[[ Material for this exercise, beginning ]]
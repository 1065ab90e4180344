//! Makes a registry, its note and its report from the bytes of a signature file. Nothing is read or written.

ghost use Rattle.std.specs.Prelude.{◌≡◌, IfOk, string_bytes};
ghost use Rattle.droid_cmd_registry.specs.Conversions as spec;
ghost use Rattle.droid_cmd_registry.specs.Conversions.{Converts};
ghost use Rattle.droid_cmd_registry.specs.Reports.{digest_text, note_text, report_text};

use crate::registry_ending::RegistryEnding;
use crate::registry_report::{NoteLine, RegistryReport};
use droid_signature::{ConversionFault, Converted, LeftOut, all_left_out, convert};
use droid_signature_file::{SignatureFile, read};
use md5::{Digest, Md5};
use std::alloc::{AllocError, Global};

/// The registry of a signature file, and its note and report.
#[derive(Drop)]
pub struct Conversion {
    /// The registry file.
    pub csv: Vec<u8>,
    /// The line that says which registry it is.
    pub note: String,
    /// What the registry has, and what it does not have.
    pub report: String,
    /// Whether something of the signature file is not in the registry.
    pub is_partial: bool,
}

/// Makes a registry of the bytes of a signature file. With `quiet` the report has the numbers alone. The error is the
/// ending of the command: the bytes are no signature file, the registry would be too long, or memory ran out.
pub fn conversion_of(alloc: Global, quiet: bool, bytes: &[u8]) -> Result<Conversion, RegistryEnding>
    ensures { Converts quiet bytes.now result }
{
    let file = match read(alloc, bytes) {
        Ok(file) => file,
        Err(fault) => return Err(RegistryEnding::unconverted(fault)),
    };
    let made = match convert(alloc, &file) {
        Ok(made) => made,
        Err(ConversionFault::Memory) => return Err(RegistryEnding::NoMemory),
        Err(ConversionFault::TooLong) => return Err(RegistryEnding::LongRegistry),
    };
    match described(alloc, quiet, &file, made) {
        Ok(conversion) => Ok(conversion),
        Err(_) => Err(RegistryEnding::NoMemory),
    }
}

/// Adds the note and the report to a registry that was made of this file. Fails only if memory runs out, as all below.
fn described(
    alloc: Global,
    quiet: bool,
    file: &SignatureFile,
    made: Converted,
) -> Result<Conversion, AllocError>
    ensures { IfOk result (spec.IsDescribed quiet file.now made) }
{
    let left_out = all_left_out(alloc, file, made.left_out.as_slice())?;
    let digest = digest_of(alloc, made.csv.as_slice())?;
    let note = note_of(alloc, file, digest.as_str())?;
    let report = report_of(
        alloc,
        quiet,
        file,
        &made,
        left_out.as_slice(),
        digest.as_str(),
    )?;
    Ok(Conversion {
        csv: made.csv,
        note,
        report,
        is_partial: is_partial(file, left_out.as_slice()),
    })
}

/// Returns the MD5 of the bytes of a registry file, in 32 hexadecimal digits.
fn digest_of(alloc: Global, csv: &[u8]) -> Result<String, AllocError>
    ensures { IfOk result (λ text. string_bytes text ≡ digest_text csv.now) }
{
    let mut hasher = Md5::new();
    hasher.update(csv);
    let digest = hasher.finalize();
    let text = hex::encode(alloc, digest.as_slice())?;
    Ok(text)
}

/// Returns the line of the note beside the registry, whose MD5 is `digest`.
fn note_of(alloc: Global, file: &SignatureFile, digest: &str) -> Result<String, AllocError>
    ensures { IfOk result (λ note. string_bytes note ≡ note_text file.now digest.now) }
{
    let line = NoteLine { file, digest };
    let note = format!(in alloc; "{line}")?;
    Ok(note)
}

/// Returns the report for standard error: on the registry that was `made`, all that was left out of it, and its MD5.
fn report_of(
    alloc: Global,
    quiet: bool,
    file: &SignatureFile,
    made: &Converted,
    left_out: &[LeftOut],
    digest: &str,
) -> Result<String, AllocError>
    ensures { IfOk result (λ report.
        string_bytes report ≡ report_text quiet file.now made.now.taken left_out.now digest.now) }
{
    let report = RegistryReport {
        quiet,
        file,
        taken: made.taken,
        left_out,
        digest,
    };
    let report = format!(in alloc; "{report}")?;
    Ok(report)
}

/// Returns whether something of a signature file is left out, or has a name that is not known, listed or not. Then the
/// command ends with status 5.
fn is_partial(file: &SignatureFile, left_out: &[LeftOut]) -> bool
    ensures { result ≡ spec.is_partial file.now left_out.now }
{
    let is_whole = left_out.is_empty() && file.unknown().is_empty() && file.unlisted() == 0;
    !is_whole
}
[[ Material for this exercise, end ]]
[[ Material for this exercise, beginning ]]
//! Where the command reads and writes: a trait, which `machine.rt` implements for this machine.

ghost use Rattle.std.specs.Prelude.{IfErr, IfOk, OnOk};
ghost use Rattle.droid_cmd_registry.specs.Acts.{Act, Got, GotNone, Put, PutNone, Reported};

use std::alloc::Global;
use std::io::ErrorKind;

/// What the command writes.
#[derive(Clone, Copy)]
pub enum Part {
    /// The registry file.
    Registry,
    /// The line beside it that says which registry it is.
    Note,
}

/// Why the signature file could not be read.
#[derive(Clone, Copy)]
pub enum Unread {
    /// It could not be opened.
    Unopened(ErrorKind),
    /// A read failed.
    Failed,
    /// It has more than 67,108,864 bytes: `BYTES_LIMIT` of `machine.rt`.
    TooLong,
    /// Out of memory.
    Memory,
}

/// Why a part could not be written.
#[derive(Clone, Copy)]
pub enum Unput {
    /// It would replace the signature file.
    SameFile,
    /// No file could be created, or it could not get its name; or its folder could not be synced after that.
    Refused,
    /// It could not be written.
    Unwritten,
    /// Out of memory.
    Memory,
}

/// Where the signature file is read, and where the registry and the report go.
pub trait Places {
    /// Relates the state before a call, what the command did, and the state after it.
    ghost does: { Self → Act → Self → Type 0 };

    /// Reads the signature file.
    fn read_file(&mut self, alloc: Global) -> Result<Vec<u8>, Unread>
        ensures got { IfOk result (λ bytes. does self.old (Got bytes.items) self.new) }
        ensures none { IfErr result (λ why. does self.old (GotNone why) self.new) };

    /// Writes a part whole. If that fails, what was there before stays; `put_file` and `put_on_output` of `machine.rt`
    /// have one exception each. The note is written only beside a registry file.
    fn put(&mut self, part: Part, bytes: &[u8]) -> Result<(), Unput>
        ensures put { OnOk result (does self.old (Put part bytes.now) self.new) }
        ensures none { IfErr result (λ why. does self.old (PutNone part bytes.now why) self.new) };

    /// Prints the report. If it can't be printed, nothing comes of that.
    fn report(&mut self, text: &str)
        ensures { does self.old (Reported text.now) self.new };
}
[[ Material for this exercise, end ]]
[[ Material for this exercise, beginning ]]
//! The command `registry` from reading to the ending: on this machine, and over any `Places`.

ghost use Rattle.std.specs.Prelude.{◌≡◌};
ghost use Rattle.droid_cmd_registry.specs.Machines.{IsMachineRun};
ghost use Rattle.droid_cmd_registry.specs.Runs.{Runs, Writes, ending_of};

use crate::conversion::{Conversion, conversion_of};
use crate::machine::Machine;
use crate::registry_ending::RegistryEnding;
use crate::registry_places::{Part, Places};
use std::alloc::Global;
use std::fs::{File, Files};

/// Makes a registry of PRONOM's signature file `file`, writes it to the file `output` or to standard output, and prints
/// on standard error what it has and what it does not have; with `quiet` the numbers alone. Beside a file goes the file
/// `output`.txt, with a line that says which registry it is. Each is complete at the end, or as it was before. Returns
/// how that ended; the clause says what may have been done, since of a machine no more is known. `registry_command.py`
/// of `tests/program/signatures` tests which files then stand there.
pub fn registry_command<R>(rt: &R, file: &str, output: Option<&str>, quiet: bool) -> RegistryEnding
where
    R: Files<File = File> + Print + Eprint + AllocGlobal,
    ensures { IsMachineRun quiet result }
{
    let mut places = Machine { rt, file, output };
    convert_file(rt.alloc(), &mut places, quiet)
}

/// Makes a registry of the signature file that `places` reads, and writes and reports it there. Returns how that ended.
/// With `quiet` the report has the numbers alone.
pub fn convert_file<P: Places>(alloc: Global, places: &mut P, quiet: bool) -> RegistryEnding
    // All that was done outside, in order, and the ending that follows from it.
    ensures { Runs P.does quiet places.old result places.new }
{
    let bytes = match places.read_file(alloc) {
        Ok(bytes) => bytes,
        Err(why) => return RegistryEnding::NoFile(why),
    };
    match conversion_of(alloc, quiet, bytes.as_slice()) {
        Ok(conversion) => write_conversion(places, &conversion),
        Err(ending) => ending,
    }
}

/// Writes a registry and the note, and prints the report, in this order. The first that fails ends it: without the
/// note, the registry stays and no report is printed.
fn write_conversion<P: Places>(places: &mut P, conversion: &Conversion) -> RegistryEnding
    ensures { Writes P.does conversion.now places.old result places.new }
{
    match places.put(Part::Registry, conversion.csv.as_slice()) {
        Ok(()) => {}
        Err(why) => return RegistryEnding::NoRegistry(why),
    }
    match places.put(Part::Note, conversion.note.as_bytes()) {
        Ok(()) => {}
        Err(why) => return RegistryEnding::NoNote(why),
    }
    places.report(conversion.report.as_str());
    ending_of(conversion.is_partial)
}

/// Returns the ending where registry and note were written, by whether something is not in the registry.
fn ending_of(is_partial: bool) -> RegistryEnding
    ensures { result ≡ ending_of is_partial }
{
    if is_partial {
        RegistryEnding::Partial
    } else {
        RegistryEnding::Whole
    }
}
[[ Material for this exercise, end ]]
▸ **Problem requirements**: Copy whichever lines above contain the string "crate".

▸ **Exercise output**:
use crate::registry_ending::RegistryEnding;
use crate::registry_report::{NoteLine, RegistryReport};
use crate::conversion::{Conversion, conversion_of};
use crate::machine::Machine;
use crate::registry_ending::RegistryEnding;
use crate::registry_places::{Part, Places};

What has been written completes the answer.